Predict hERG Toxicity of Drug-Like Molecules¶

In this tutorial, we will use the hERG toxicity floe to predict molecule toxicity as distinct classes of ‘High’ or ‘Low’. The floe predicts the hERG Toxicity of each molecule and explains the prediction based on chemical moeity. It also gives confidence intervals and other insightful information (listed at the end of this tutorial). The floe report provides a summary of the output.

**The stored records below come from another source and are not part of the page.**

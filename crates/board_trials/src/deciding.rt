//! A whole exchange by the steps of one pass, compared with what was worked out by hand: its words get their new values, and
//! the pass is open again.
ghost use Rattle.std.specs.Prelude.{◌≡◌, ◌<◌, ◌≤◌, [], true, false, length, vec_len};
ghost use Rattle.pc_rule_law.specs.Conditions.{IsFree, CanWrite};
ghost use Rattle.pc_exchange_law.specs.Ties.{last_stamp};
ghost use Rattle.pc_rule.specs.Passes.{view, knows, aim, listed, board_size, IsPassOf, IsSeatedAs, IsSamePass, IsSameButSlots};
ghost use Rattle.pc_rule.specs.Shares.{AreAll, NoneTried};
ghost use Rattle.pc_dcss.specs.Installs.{KeepsNotes, KeepsAttempt};
ghost use Rattle.pc_kcas.specs.Exchanges.{IsUncleared, IsPublished};
ghost use Rattle.board_trials.specs.Deciding.{HoldsListed, IsDrawn, HasSucceeded, IsCleanAt};

use crate::exchanges::{exchange_of, published, value, version};
use pc_kcas::install_first;
use pc_model::{Field, Loose, Memory};
use pc_rule::{
    Board, Pass, Share, close_board, open_board, step_7, step_9, step_13, step_14, step_15,
    step_16, usual_starts,
};
use pc_words::{Stage, Status, exchange_ref, pack, plain};

// From this stamp on none is drawn.
const LAST_STAMP: u64 = 17_179_869_183;

/// The pass aims at its own exchange and loads the clock. Says whether that is below the last stamp.
fn aimed(board: &Board<Loose>, pass: &mut Pass<Loose>) -> bool
    requires pass { IsPassOf board.now pass.old }
    requires published { IsUncleared pass.old }
    requires held { HoldsListed pass.old }
    requires free { IsFree (view pass.old) }
    ensures same { IsSamePass pass.old pass.new }
    ensures published { IsUncleared pass.new }
    ensures held { HoldsListed pass.new }
    ensures free { IsFree (view pass.new) }
    ensures aim { aim pass.new ≡ ((view pass.new).seat, (view pass.new).attempt.number) }
    ensures ready { result ≡ true → (knows pass.new).ready ≡ true }
{
    let of = pass.number();
    step_7(board, pass, of);
    step_9(board, pass) < LAST_STAMP
}

/// Draws a stamp for the own exchange.
fn drawn(board: &Board<Loose>, pass: &mut Pass<Loose>) -> u64
    requires pass { IsPassOf board.now pass.old }
    requires published { IsUncleared pass.old }
    requires some { 0 < length (listed pass.old) }
    requires held { HoldsListed pass.old }
    requires free { IsFree (view pass.old) }
    requires aim { aim pass.old ≡ ((view pass.old).seat, (view pass.old).attempt.number) }
    requires ready { (knows pass.old).ready ≡ true }
    ensures same { IsSamePass pass.old pass.new }
    ensures published { IsUncleared pass.new }
    ensures free { IsFree (view pass.new) }
    ensures drawn { result < last_stamp → IsDrawn pass.new result }
{
    let op = exchange_of(board, pass);
    step_13(board, pass, op)
}

/// The own exchange, which is to visit nothing, takes effect at this stamp. Says whether it was undecided until then.
fn decided(board: &Board<Loose>, pass: &mut Pass<Loose>, stamp: u64) -> bool
    requires pass { IsPassOf board.now pass.old }
    requires published { IsUncleared pass.old }
    requires free { IsFree (view pass.old) }
    requires stamp { stamp < last_stamp }
    requires drawn { IsDrawn pass.old stamp }
    ensures same { IsSamePass pass.old pass.new }
    ensures published { IsUncleared pass.new }
    ensures free { IsFree (view pass.new) }
    ensures succeeded { result ≡ true → HasSucceeded pass.new }
{
    if pass.attempt_word(2) != 0 {
        return false;
    }
    let of = pass.number();
    let number = pass.attempts();
    let undecided = pack(Status {
        number,
        stage: Stage::Undecided,
    });
    let succeeded = pack(Status {
        number,
        stage: Stage::Succeeded { stamp },
    });
    step_14(board, pass, of, undecided, succeeded) == undecided
}

/// The new number of the listed word at this index in place of the reference. Says whether that stood there.
fn replaced(board: &Board<Loose>, pass: &mut Pass<Loose>, i: usize) -> bool
    requires pass { IsPassOf board.now pass.old }
    requires published { IsUncleared pass.old }
    requires index { i < length (listed pass.old) }
    requires free { IsFree (view pass.old) }
    requires succeeded { HasSucceeded pass.old }
    ensures same { IsSamePass pass.old pass.new }
    ensures attempt { KeepsAttempt (view pass.old) (view pass.new) }
    ensures free { IsFree (view pass.new) }
    ensures succeeded { HasSucceeded pass.new }
    ensures keeps { KeepsNotes (view pass.old) (view pass.new) }
    ensures clean { result ≡ true → IsCleanAt pass.new i }
{
    let place = pass.listed()[i];
    let old = exchange_ref(board.seat_of(pass), pass.attempts());
    let new = plain(place.new);
    step_15(board, pass, place.node, place.field, old, new) == old
}

/// Puts all new numbers in place, and clears the own exchange. Says whether each word held the reference.
fn cleared(board: &Board<Loose>, pass: &mut Pass<Loose>) -> bool
    requires pass { IsPassOf board.now pass.old }
    requires published { IsUncleared pass.old }
    requires free { IsFree (view pass.old) }
    requires succeeded { HasSucceeded pass.old }
    ensures same { IsSameButSlots pass.old pass.new }
    ensures free { IsFree (view pass.new) }
{
    let count = pass.listed().len();
    let mut i = 0;
    while i < count {
        if !replaced(board, pass, i) {
            return false;
        }
        i += 1;
    }
    let idle = pack(Status {
        number: pass.attempts(),
        stage: Stage::Idle,
    });
    pass.tell_won(true);
    step_16(board, pass, idle);
    true
}

/// The pass installs the words of its published exchange, and decides and clears it.
fn carried_out(board: &Board<Loose>, pass: &mut Pass<Loose>) -> Option<(bool, bool)>
    requires pass { IsPassOf board.now pass.old }
    requires published { IsPublished pass.old }
    requires free { IsFree (view pass.old) }
    ensures same { IsSameButSlots pass.old pass.new }
    ensures free { IsFree (view pass.new) }
{
    let held = install_first(board, pass, 2);
    if held == 0 || (held as usize) < pass.listed().len() {
        return None;
    }
    if !aimed(board, pass) {
        return None;
    }
    let stamp = drawn(board, pass);
    if stamp >= LAST_STAMP {
        return None;
    }
    if !decided(board, pass, stamp) {
        return None;
    }
    Some((cleared(board, pass), pass.published()))
}

/// The pass publishes the version and a value of the sentinel, and carries the exchange out.
fn exchanged(board: &Board<Loose>, pass: &mut Pass<Loose>) -> Option<(bool, bool)>
    requires pass { IsPassOf board.now pass.old }
    requires open { CanWrite (view pass.old) × (listed pass.old ≡ []) }
    requires free { IsFree (view pass.old) }
    requires start { (board_size board.now).starts.version ≡ 0 }
    ensures seated { IsSeatedAs pass.old pass.new }
    ensures free { IsFree (view pass.new) }
{
    let Ok(()) = published(board, pass, version(), value(50)) else {
        return None;
    };
    carried_out(board, pass)
}

/// The same by the first of all passes of the board.
fn exchanged_by(board: &Board<Loose>, passes: &mut Vec<Pass<Loose>>) -> Option<(bool, bool)>
    requires all { AreAll board.now passes.old.items }
    requires some { 0 < vec_len passes.old }
    requires open { NoneTried passes.old.items }
    requires start { (board_size board.now).starts.version ≡ 0 }
    ensures { AreAll board.now passes.new.items }
{
    exchanged(board, &mut passes[0])
}

#[test]
fn a_whole_exchange_by_steps_leaves_the_new_values(rt: HostRuntime) -> Result<(), Memory> {
    let share = Share { slots: 1, calls: 0 };
    let (board, mut passes) = open_board(rt.alloc(), Loose, &[share], usual_starts())?;
    let answer = exchanged_by(&board, &mut passes);
    let closed = close_board(board, passes);
    let left = (closed.cell(1, Field::Version), closed.cell(1, Field::Value));
    assert_eq!(rt; (answer, left), (Some((true, false)), (2, 50)));
    Ok(())
}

Note: All other pretrained floes to predict molecule properties work the same way.

This tutorial uses the following floe:

hERG Toxicity Prediction for Small Molecules using ML and Cheminfo Fingerprints

Note

If you need to create a tutorial project, please see the Setup Directions for the Machine Learning Model Building Tutorials.

Floe Input¶

The input dataset P₁ contains several OERecords. The floe expects an OEMol from each record. These are the molecules for which the model will predict hERG toxicity. Note: uploading .csv, .sdf and other common fileformats to Orion should automatically convert them to datasets. Let this dataset be P₁.

Here is a sample record from the dataset:

OERecord (
    Molecule(Chem.Mol) : c1ccc(c(c1)NC(=O)N)OC[C@H](CN2CCC3(CC2)Cc4cc(ccc4O3)Cl)O
)

There can be another String field containing hERG toxicity values (as High and Low) to validate against. The following dataset does not contain said field.

Input Data

Sample Molecules dataset

Run hERG Toxicity Floe¶

Choose the hERG Toxicity Prediction for Small Molecules using ML and Cheminfo Fingerprints Floe. Click “Launch Floe” to bring up the Job Form. The parameters can be specified as below.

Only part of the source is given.